Se sei arrivato a questo articolo dal nostro post sui social, avrai già letto il preambolo e quindi ti consigliamo di andare direttamente a leggere la risposta che cerchi. Altrimenti dedicaci qualche secondo per farci spiegare un punto piuttosto importante. Quando parliamo di gusto, di stile, di cosa ci piace o meno, è naturale entrare nell’ambito della soggettività. Proprio perché tutto ciò è soggettivo, diventa un po’ complesso trovare delle motivazioni oggettive per far sì che una scelta sia migliore di un’altra. In pratica, se una persona è innamorata di un suo personalissimo e particolarissimo stile, non è facile e neppure giusto, distoglierla da esso.

Se non fosse chiaro, siamo sempre favorevoli al gusto e alla singolare ricerca che ogni persona fa, quando si tratta di arredamento e non solo.

Nel contempo, spesso ci troviamo ad essere interpellati su questo tema. Ecco che allora il nostro gusto personale, viene supportato anche da alcune regole d’oro che abbiamo imparato nel corso degli anni e che sono frutto un po’ dell’esperienza e un po’ della scienza.

 

Come scegliere il colore dei pavimenti in legno?

Partiamo dalla prima regola d’oro. Ogni elemento ha un suo significato che è sempre in relazione agli altri elementi. In termini pratici, un pavimento marrone, se supporterà un divano nero, diventerà l’elemento chiaro della stanza. Al contrario se quel divano fosse stato bianco, il pavimento sarebbe di converso un elemento scuro. Ecco dunque spiegata la prima regola d’oro.

Bisogna poi immaginare l’atmosfera che si vuole creare in una stanza: dovrà essere scura e introspettiva o dalle tonalità chiare e leggere?

Altro elemento con cui fare i conti: la dimensione della stanza. I colori e le atmosfere scure tendono a rimpicciolire, mentre quelle chiare ad ingrandire. Ecco che se disponiamo di una cameretta piuttosto piccola, optare per colorazioni scure, potrebbero renderla ancora più minuta. Chiaramente si tratta di una percezione, perché la metratura non cambierebbe ma in termini di piacere e vivibilità farebbe molta differenza.

Ulteriore spunto di riflessione: la stanza ha punti di luce grandi, piccoli o assenti? Se la stanza è grande e ben illuminata da ampie finestre, si può optare per colorazioni scure evitando di suscitare sensazioni claustrofobiche. Viceversa meglio stare su colori chiari e tenui.

 

Come abbinare il colore del parquet a quello delle pareti e degli altri elementi?
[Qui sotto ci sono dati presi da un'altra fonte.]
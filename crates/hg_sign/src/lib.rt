//! Signatures: what checks them, what makes them, an event's bytes under one, and the program's own, by the members' secrets.
//! A signer is told by the test `accepts`, of which nothing else is supposed, so that any scheme can take its place.
//! The layers above use that `check` is `accepts`, and that `accepts` takes what `sign` gives.
//!
//! From `signs_for_members` in the tests of `check_bytes`, shortened:
//!
//! ```text
//! let table = MacTable::new(rt.alloc(), &two_members(&rt, rt.alloc())?)?;
//! let sig = table.sign(0, b"Hi There");
//! assert_eq!(rt; sig.as_slice(), FIRST_MAC.as_slice());
//! assert!(rt; table.check(0, b"Hi There", &sig));
//! assert!(rt; !table.check(1, b"Hi There", &sig));
//! ```
#![tactic(auto)]

mod key;
mod laws;
mod shared;
mod signed;
mod signer;
mod table;

pub use laws::one_signature;
pub use shared::SharedTable;
pub use signed::{SignedBytes, signed_bytes};
pub use signer::{Signer, Verifier};
pub use table::MacTable;
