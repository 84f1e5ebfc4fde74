ghost use Rattle.std.specs.Prelude.{◌≡◌, ℕ, Bool, true, List};

use hg_model::{Member, Sig};

/// What tells the signatures of members from other bytes.
pub trait Verifier {
    // Whether this signature is accepted as the member's, of this body.
    ghost accepts: { Self → ℕ → List ℕ → List ℕ → Bool };

    /// Whether the signature is accepted as the member's. The number may be no member's. Takes no memory.
    fn check(&self, member: Member, body: &[u8], sig: &Sig) -> bool
        ensures { result ≡ accepts self.now member body.now sig.now };
}

/// What signs for members too.
pub trait Signer: Verifier {
    /// A signature of the member that is accepted. The number may be no member's. Takes no memory.
    fn sign(&self, member: Member, body: &[u8]) -> Sig
        ensures { Self.accepts self.now member body.now result ≡ true };
}

// Keys that several nodes share.
impl<V: Verifier> Verifier for &V {
    ghost accepts = { λ keys. V.accepts keys.now };

    fn check(&self, member: Member, body: &[u8], sig: &Sig) -> bool {
        (**self).check(member, body, sig)
    }
}

impl<V: Signer> Signer for &V {
    fn sign(&self, member: Member, body: &[u8]) -> Sig {
        (**self).sign(member, body)
    }
}
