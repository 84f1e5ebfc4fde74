//! The parts of the report's text: a piece of a line, what is told of an answer, and the block of a node. The layer above
//! puts them on a page before a sink, by `write_pieces` and `write_block`, and prints pieces alone by `print_pieces`.
//! `piece_text` in `specs/Pieces.antt` says which text a piece is.
//!
//! From `write_total` of `hg_report`:
//!
//! ```text
//! write_pieces(
//!     page,
//!     sink,
//!     &[
//!         Piece::Bytes(b"total "),
//!         Piece::Wide(total),
//!         Piece::Bytes(b"\n"),
//!     ],
//! )
//! ```
#![tactic(auto)]

mod block;
mod phrases;
mod pieces;

pub use block::{effect_pieces, write_block, write_head};
pub use phrases::{
    Phrase, fault_parts, make_answer_phrase, make_fault_parts, number_phrase, put_answer_phrase,
    sync_made_phrase,
};
pub use pieces::{Piece, print_pieces, write_pieces};
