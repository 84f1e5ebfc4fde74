//! A file of the machine as a disk: written, and read again by another.

use crate::telling::equal;
use hg_io::{Disk, Failed, put_down, read_all};
use hg_model::Items;
use hg_stream::RealDisk;
use std::alloc::Global;
use std::rt::Files;
use std::test::Fail;

const NAME: &str = "journal";

// Writes two pieces, one over the end of the other.
fn write<R: Files>(files: &R) -> Result<(), Failed> {
    let mut disk = RealDisk::new(files);
    disk.start(NAME)?;
    put_down(&mut disk, NAME, 0, b"seven b")?;
    put_down(&mut disk, NAME, 6, b"bytes")
}

fn size<R: Files>(files: &R) -> Result<u64, Failed> {
    let mut disk = RealDisk::new(files);
    disk.start(NAME)?;
    disk.size(NAME)
}

// Reads at this place, into four bytes.
fn read_at<R: Files>(files: &R, at: u64, buf: &mut [u8; 4]) -> Result<usize, Failed> {
    let mut disk = RealDisk::new(files);
    disk.start(NAME)?;
    disk.read(NAME, at, buf)
}

fn bytes<R: Files>(files: &R, alloc: Global) -> Result<Items<u8>, Fail> {
    let mut disk = RealDisk::new(files);
    if disk.start(NAME).is_err() {
        return Err("no start".into());
    }
    match read_all(alloc, &mut disk, NAME)? {
        Ok(bytes) => Ok(bytes),
        Err(Failed) => Err("a fault".into()),
    }
}

#[test]
fn reads_a_written_file_again(rt: HostRuntime) -> Result<(), Fail> {
    equal(&rt, 0, write(&rt), Ok(()));
    equal(&rt, 1, size(&rt), Ok(11));
    let mut buf = [0; 4];
    equal(&rt, 2, read_at(&rt, 9, &mut buf), Ok(2));
    assert!(rt; buf.starts_with(b"es"));
    equal(&rt, 3, read_at(&rt, 11, &mut buf), Ok(0));
    let all = bytes(&rt, rt.alloc())?;
    assert!(rt; all.as_slice() == b"seven bytes".as_slice());
    Ok(())
}

#[test]
fn a_folder_is_no_file_to_write_to(rt: HostRuntime) -> Result<(), Fail> {
    equal(&rt, 0, RealDisk::new(&rt).start("."), Err(Failed));
    Ok(())
}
Le vie principalmente sono due: da una parte abbiamo un approccio minimalista, tono su tono. Che spesso viene preferito da chi ama i look moderni e mantiene la stessa cromia poi anche coi gli elementi d’arredo che introdurrà nella stanza. Diciamo che è una scelta a “contrasto zero” nel senso che nessun elemento spicca, se non per qualche mobile o accessorio dal colore impattante, che crea uno stacco dal resto della stanza. Dall’altra abbiamo invece una via più classica che è quella di scegliere il colore del pavimento in legno o del parquet, in contrasto con quello delle pareti. E per contrasto intendiamo che il colore può semplicemente “staccare” da quello del muro e quindi non deve essere obbligatoriamente il suo opposto.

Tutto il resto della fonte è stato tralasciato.